Das "grüne Ressort" auf dem Hof, einen gut 10.000 Quadratmeter großen Gemüsegarten, organisiert Ingrid Dullnig. Die studierte Betriebswirtschaftlerin bildet sich gerade in einem staatlichen Abendkurs zur Landwirtin fort. Sie setzt auf chemiefreie und nachhaltige Permakultur. Auf ein Gehalt verzichtet sie im Gründungsjahr ebenso wie Stumpp.

Mit zwei angestellten Gärtnern erntet Dullnig jeden Freitagmorgen ein buntes Sortiment für 70 Abo-Kisten. Die bekommen die sogenannten "Ernteteiler" - so heißen die Kunden, die je nach Größe der Kiste 59 bis 95 Euro monatlich zahlen. Manche Ernteteiler helfen unentgeltlich mit im Gemüsegarten, vor allem weil sie was dazulernen wollen.

Und täglich, bei jedem Wetter, geht Dullnig mit ein paar Kindern in den Garten. Nicht nur um Gemüse zu ernten, sondern auch, um Gemüse zu erklären: "Das ist es, was so Spaß macht: die Kinder von Anfang da ran zu führen. Mit den kleinsten und einfachsten Dingen beginnen. Das ist bei uns das Spezielle, weil wir alles mit der Hand machen."

Ernten, kochen, essen

Gegessen wird im Kinderhaus das, was täglich frisch vom Hof kommt. Neben dem Gemüsegarten gibt es auch noch Freilaufhühner und Bienen. Die Kinder bereiten mit dem syrischen Koch Nisar selbst ihre Frühstücksnacks und das Mittagessen zu. Die Küche im Kinderhaus hat kindgerecht niedrige Arbeitsplatten.
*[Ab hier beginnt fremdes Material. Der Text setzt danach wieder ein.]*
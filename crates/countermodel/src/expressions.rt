//! The expressions among contexts.
ghost use Rattle.certificate.specs.Writability.{Ascends};
ghost use Rattle.countermodel.specs.ContextLists.{PlacesExpressions, expression_at};
ghost use Rattle.std.specs.Prelude.{◌↔◌, ◌≡◌, ◌<◌, ◌^◌, [], All, Contains, IfOk, OnOk, length, map, ℕ};

use crate::ascending::ascending;
use axioms::{ExprId, Memory};
use facts::Context;
use std::alloc::Global;

/// The numbers of the expressions among the contexts, ascending, each once.
pub(crate) fn expressions_among(alloc: Global, contexts: &[Context]) -> Result<Vec<u32>, Memory>
    ensures ascend { IfOk result (λ v. Ascends v.items) }
    ensures same { IfOk result (λ v. (e : ℕ) → Contains v.items e ↔ Contains contexts.now (expression_at e)) }
{
    let mut expressions = Vec::new(alloc);
    for context in contexts {
        if let Context::Expr(expression) = context {
            expressions.push(expression.0)?;
        }
    }
    ascending(alloc, &expressions)
}

/// Adds the expressions of these numbers, which ascend. The table gets the place of each.
pub(crate) fn place_expressions(
    contexts: &mut Vec<Context>,
    places: &mut [u32],
    expressions: &[u32],
) -> Result<(), Memory>
    requires ascend { Ascends expressions.now }
    requires within { All (λ e. e < length places.old) expressions.now }
    requires few { length expressions.now < 2 ^ 32 }
    requires contexts { contexts.old.items ≡ [] }
    ensures listed { OnOk result (contexts.new.items ≡ map expression_at expressions.now) }
    ensures placed { OnOk result (PlacesExpressions contexts.new.items places.new) }
{
    for (place, expression) in expressions.iter().enumerate() {
        places[*expression as usize] = place as u32;
        contexts.push(Context::Expr(ExprId(*expression)))?;
    }
    Ok(())
}
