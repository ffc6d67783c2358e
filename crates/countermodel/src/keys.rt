//! Pairs as numbers among those of their property.
ghost use Rattle.countermodel.specs.Keys.{pair_at};
ghost use Rattle.std.specs.Prelude.{◌↔◌, ◌≡◌, ◌<◌, ◌/◌, ◌%◌, ◌^◌, AllPairs, Contains, IfOk, ℕ};

use crate::pair::Pair;
use axioms::{Memory, PropId};
use number_sets::sort_ascending;
use std::alloc::Global;

/// The number of a pair among those of its property: by these numbers they are in order.
pub(crate) fn key_of(pair: Pair) -> u64
    ensures source { result / 2 ^ 32 ≡ pair.source }
    ensures target { result % 2 ^ 32 ≡ pair.target }
{
    pair.source as u64 * 0x1_0000_0000 + pair.target as u64
}

/// The pair of the property with that number.
pub(crate) fn pair_with(property: PropId, key: u64) -> Pair
    ensures { result ≡ pair_at property.0 key }
{
    Pair {
        property,
        source: (key / 0x1_0000_0000) as u32,
        target: (key % 0x1_0000_0000) as u32,
    }
}

/// The numbers of the list in ascending order, each once.
pub(crate) fn keys_in_order(alloc: Global, list: &[u64]) -> Result<Vec<u64>, Memory>
    ensures ascends { IfOk result (λ v. AllPairs (λ x y. x < y) v.items) }
    ensures same { IfOk result (λ v. (n : ℕ) → Contains v.items n ↔ Contains list.now n) }
{
    let mut keys = Vec::with_capacity(alloc, list.len())?;
    keys.extend_from_slice(list)?;
    sort_ascending(&mut keys);
    Ok(keys)
}
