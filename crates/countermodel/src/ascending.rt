//! Lists of elements in ascending order.
ghost use Rattle.certificate.specs.Writability.{Ascends};
ghost use Rattle.std.specs.Prelude.{◌↔◌, Contains, IfOk, ℕ};

use axioms::Memory;
use number_sets::sort_ascending;
use std::alloc::Global;

/// The numbers of the list in ascending order, each once.
pub(crate) fn ascending(alloc: Global, list: &[u32]) -> Result<Vec<u32>, Memory>
    ensures ascends { IfOk result (λ v. Ascends v.items) }
    ensures same { IfOk result (λ v. (n : ℕ) → Contains v.items n ↔ Contains list.now n) }
{
    let mut numbers = Vec::with_capacity(alloc, list.len())?;
    numbers.extend_from_slice(list)?;
    sort_ascending(&mut numbers);
    Ok(numbers)
}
Die 50 Kinderbetreuungsplätze sind ausgebucht.

  • Zum Artikel: Artenschutz im eigenen Garten: So klappt's

Rechnet sich das Bauernhof-Konzept?

Bio-Gemüsebau, Permakultur, Kinderbetreuung, Personal, den Betrieb managen - das macht Arbeit. Das Gemüse verkauft sich gut, die Frauen wollen die Zahl der Abo-Kisten verdoppeln. Aber es ist noch Luft nach oben und der Aufwand ist enorm, auch wenn Ernteteiler und Eltern ehrenamtlich helfen.

Hechtel wird weiter als Ärztin in der Klinik arbeiten, aber sie will nicht ihr Gehalt in den Betrieb stecken, der muss sich langfristig selbst tragen. Die beiden anderen haben ihre Jobs in der Wirtschaft aufgegeben. Arbeiten am Biobauernhof ist erfüllender, sagen sie. Sie bezeichnen ihr Konzept als "Market Garden". Wichtig für Karina Hechtel: "Ein Market Garden ist etwas anderes als klassischer Biogemüseanbau mit vielen Rumänen und Maschinen. Ich denke, wir sind der einzige Betrieb im Umkreis, der keine Saisonarbeitskräfte ausbeutet und das geht nur aufgrund des Market Garden Systems."

Nächstes Projekt: Tagespflege am Hof

Nach einem Jahr auf dem umgekrempelten Bauernhof peilen die drei Frauen bereits das nächste Projekt an. Sie reißen eine alte Scheune ab und planen als drittes Standbein neben Kinderhaus und Gemüseverkauf eine ambulante Tagespflege für 15 Senioren. Dem Gemeinwohl soll es dienen und sich trotzdem rechnen. In dieser Kombination sehen die drei Frauen den Sinn ihrer Arbeit.